The wasteful and wanton poor have always been in the sights of authority, because it is through them that more general campaigns against the poor can be waged. The improvident are obviously culpable: they give poverty a bad name, and are responsible for their own condition. Unfortunately, they are never removed, no matter how punishing the legislation or intensive the effort to flush them out of their hiding places. They remain, a frieze of incontinent and picaresque humanity, wenching and pilfering their way through the 18th century, standing shamelessly before the parish pay-table in the 19th, living behind closed curtains in overheated front rooms watching television from dawn to dusk in our time.
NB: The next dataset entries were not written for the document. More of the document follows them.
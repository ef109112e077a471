//! The conversion of a document: what a node becomes without its children, the definition of the whole render tree, and one
//! forward pass that writes it: the events of a walk, and what each does to the open elements.
#![tactic(auto)]

mod attributes;
mod builder;
mod conversion;
pub mod convert;
mod due;
pub mod elements;
mod images;
mod kinds;
mod laws;
pub mod mapping;
pub mod plans;
mod spans;
pub mod tables;
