//! Laws of the cascade's orders, sums and defaults. Each is the contract of an empty function.

ghost use Rattle.std.specs.Prelude.{◌≡◌, ◌↔◌, false, Some};
ghost use Rattle.std.specs.Cmp.{IsTotalOrder};
ghost use Rattle.std.specs.Ordering.{nat_cmp};
ghost use Rattle.std.specs.declared.cmp.Ordering.TheVariants.{Equal};
ghost use Rattle.html_render_dom_styles.specs.declared.origins.StyleOrigin.{StyleOrigin};
ghost use Rattle.html_render_dom_styles.specs.declared.specificities.Specificity.{Specificity as TheSpecificity};
ghost use Rattle.html_render_dom_styles.specs.Cascade.{rank_of};
ghost use Rattle.html_render_dom_styles.specs.Keeping.{Key, key_cmp};
ghost use Rattle.html_render_dom_styles.specs.Specificities.{no_specificity, specificity_cmp, specificity_sum};

use super::origins::StyleOrigin;
use super::specificities::Specificity;

/// Specificities are totally ordered: of any two, one is at most the other. They tie exactly if they are equal.
#[tactic(auto, using(crate::specs::laws::Orders::orders))]
fn specificities_are_totally_ordered(a: Specificity, b: Specificity)
    ensures answered { ⟦<Specificity as PartialOrd>⟧.partial_cmp a b ≡ Some (specificity_cmp a b) }
    ensures total { IsTotalOrder specificity_cmp }
    ensures equal { (specificity_cmp a b ≡ Equal) ↔ (a ≡ b) }
{}

/// The sum of specificities is commutative and associative. The default, with all counts 0, is its unit.
fn specificities_add_in_any_order(a: Specificity, b: Specificity, c: Specificity)
    ensures commutative { specificity_sum a b ≡ specificity_sum b a }
    ensures associative { specificity_sum (specificity_sum a b) c ≡ specificity_sum a (specificity_sum b c) }
    ensures unit { (d : TheSpecificity) → ⟦<Specificity as Default>⟧.is_default d → specificity_sum a d ≡ a }
    ensures default { ⟦<Specificity as Default>⟧.is_default a ↔ (a ≡ no_specificity) }
{}

/// The keys of updates are totally ordered. They tie exactly if they are equal.
#[tactic(auto, using(crate::specs::laws::Orders::orders))]
fn keys_are_totally_ordered()
    ensures total { IsTotalOrder key_cmp }
    ensures equal { (a b : Key) → (key_cmp a b ≡ Equal) ↔ (a ≡ b) }
{}

/// The order of origins is that of their ranks for normal declarations.
fn origins_rise(a: StyleOrigin, b: StyleOrigin)
    ensures { ⟦<StyleOrigin as PartialOrd>⟧.partial_cmp a b ≡ Some (nat_cmp (rank_of false a) (rank_of false b)) }
{}

/// The default origin is `StyleOrigin::None`.
fn there_is_no_origin_by_default(origin: StyleOrigin)
    ensures { ⟦<StyleOrigin as Default>⟧.is_default origin ↔ (origin ≡ StyleOrigin.None) }
{}
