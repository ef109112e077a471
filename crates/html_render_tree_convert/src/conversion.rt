//! The conversion of a document in one forward pass: what each event of a walk does to the open elements.

ghost use Rattle.std.specs.Prelude.{◌≡◌, [], ◌∷◌, IfErr, IfOk, OnOk, Some};
ghost use Rattle.html_render_layout_nodes.specs.RenderNodes.{without_style};
ghost use Rattle.html_render_parts.specs.Refusal.{Builds};
ghost use Rattle.html_render_tree_convert.specs.Held.{leaf};
ghost use Rattle.html_render_tree_convert.specs.OpenElements.{root};
ghost use Rattle.html_render_tree_convert.specs.Steps.{all_written, begun_with, closed_leaf, come, node_in, put};

use crate::builder::{Tree, last_kind, put, put_kind, put_text};
use crate::due::{Due, Spare};
use crate::elements::{Open, OpenKind};
use crate::mapping::IfEmpty;
use html_render_dom_values::Error;
use html_render_layout_nodes::text::NodeText;
use html_render_layout_nodes::tree::{Entry, NodeKind, NodeStyle, RenderNode};
use std::alloc::{AllocError, Global};
use std::marker::Model;

mod closing;
mod opening;

/// Writes a node without children in an open element.
#[inline(always)]
fn put_in(node: RenderNode, parent: &mut Open, tree: &mut Tree) -> Result<(), AllocError>
    ensures { OnOk result (record { element = parent.new; tree = tree.new.items }
        ≡ come (Some (closed_leaf node)) (record { element = parent.old; tree = tree.old.items })) }
{
    if parent.receive_contents(&node.kind, false, false) {
        put(node, tree)?;
    }
    Ok(())
}

/// Writes a copy of a text in an open element. The copy is made where it is to stay, and removed if the element doesn't keep it.
#[inline(always)]
fn put_text_in(contents: &NodeText, parent: &mut Open, tree: &mut Tree) -> Result<(), AllocError>
    ensures { OnOk result (record { element = parent.new; tree = tree.new.items }
        ≡ come (Some (closed_leaf (without_style (NodeKind.Text contents.now)))) (record { element = parent.old; tree = tree.old.items })) }
{
    put_text(contents, tree)?;
    if !parent.receive_contents(last_kind(tree), false, false) {
        drop(tree.pop());
    }
    Ok(())
}

/// A document whose nodes are being converted. Contracts see the innermost open element, those outside it, and the nodes that are
/// written. After an error these may be any.
#[derive(Drop)]
pub struct Conversion {
    innermost: Open,
    outer: Vec<Open>,
    tree: Tree,
    // memory of what a closed element had to write, for the next one
    spare: Spare,
}

impl Model for Conversion {
    ghost use Rattle.std.specs.Prelude.{reverse};
    ghost use Rattle.html_render_tree_convert.specs.OpenElements.{State};

    ghost Value = { State };

    ghost view = { λ c. record { element = c.innermost; outer = reverse c.outer.items; tree = c.tree.items } };
}

impl Conversion {
    /// Creates a conversion before its first event, with room for `nodes` nodes.
    pub fn new(alloc: Global, nodes: usize) -> Result<Conversion, AllocError>
        ensures { IfOk result (λ c. c ≡ root) }
    {
        Ok(Conversion {
            innermost: Open::new(OpenKind::Root, Due::none(), IfEmpty::Stands, false),
            outer: Vec::new(alloc),
            tree: Tree::with_capacity(alloc, nodes)?,
            spare: Spare::none(),
        })
    }

    /// Returns the allocator.
    pub fn allocator(&self) -> Global {
        *self.outer.allocator()
    }

    /// Writes a node without children.
    #[inline(always)]
    pub fn put(&mut self, node: RenderNode) -> Result<(), AllocError>
        ensures { OnOk result (self.new ≡ put node self.old) }
    {
        put_in(node, &mut self.innermost, &mut self.tree)
    }

    /// Writes a copy of a text.
    #[inline(always)]
    pub fn put_text(&mut self, contents: &NodeText) -> Result<(), AllocError>
        ensures { OnOk result (self.new ≡ put (without_style (NodeKind.Text contents.now)) self.old) }
    {
        put_text_in(contents, &mut self.innermost, &mut self.tree)
    }

    /// Opens an element with a node of its own.
    #[inline(always)]
    fn begin(&mut self, element: Open, node: RenderNode) -> Result<(), AllocError>
        ensures { OnOk result (self.new ≡ begun_with element (leaf node ∷ []) self.old) }
    {
        self.begin_part(element)?;
        put(node, &mut self.tree)
    }

    /// Opens an element with an unmeasured node of its own.
    #[inline(always)]
    fn begin_kind(
        &mut self,
        element: Open,
        style: NodeStyle,
        kind: NodeKind,
    ) -> Result<(), AllocError>
        ensures { OnOk result (self.new ≡ begun_with element (leaf (node_in style kind) ∷ []) self.old) }
    {
        self.begin_part(element)?;
        put_kind(style, kind, &mut self.tree)
    }

    /// Opens an element without a node of its own.
    #[inline(always)]
    fn begin_part(&mut self, mut element: Open) -> Result<(), AllocError>
        ensures { OnOk result (self.new ≡ begun_with element [] self.old) }
    {
        element.start = self.tree.len();
        self.outer.reserve(1)?;
        let parent = std::mem::replace(&mut self.innermost, element);
        self.outer.push_reserved(parent);
        Ok(())
    }

    /// Returns the nodes that are written, in pre-order.
    ///
    /// # Errors
    ///
    /// `Fail` exactly if a part of a table is among them that is in no table.
    pub fn into_entries(self) -> Result<Vec<Entry<RenderNode>>, Error>
        ensures { Builds result (all_written self) (λ entries. entries.items) }
    {
        if self.innermost.is_stray {
            return Err(Error::Fail);
        }
        Ok(self.tree)
    }
}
The feckless poor have been neither legislated out of existence nor drowned in prosperity. They have not been set to work, because the labour they perform profits no one. They continue their relentless march through time, unabashed and indifferent to the fury of politicians and the odium of the public. All efforts to bring them into the fold of respectable society have failed, and the only ones to suffer from the continuing efforts to set them to work are the timid and the helpless. The words of David Cameron and the rest of them are truly conservative, for they have been formulated by every generation for at least half a millennium.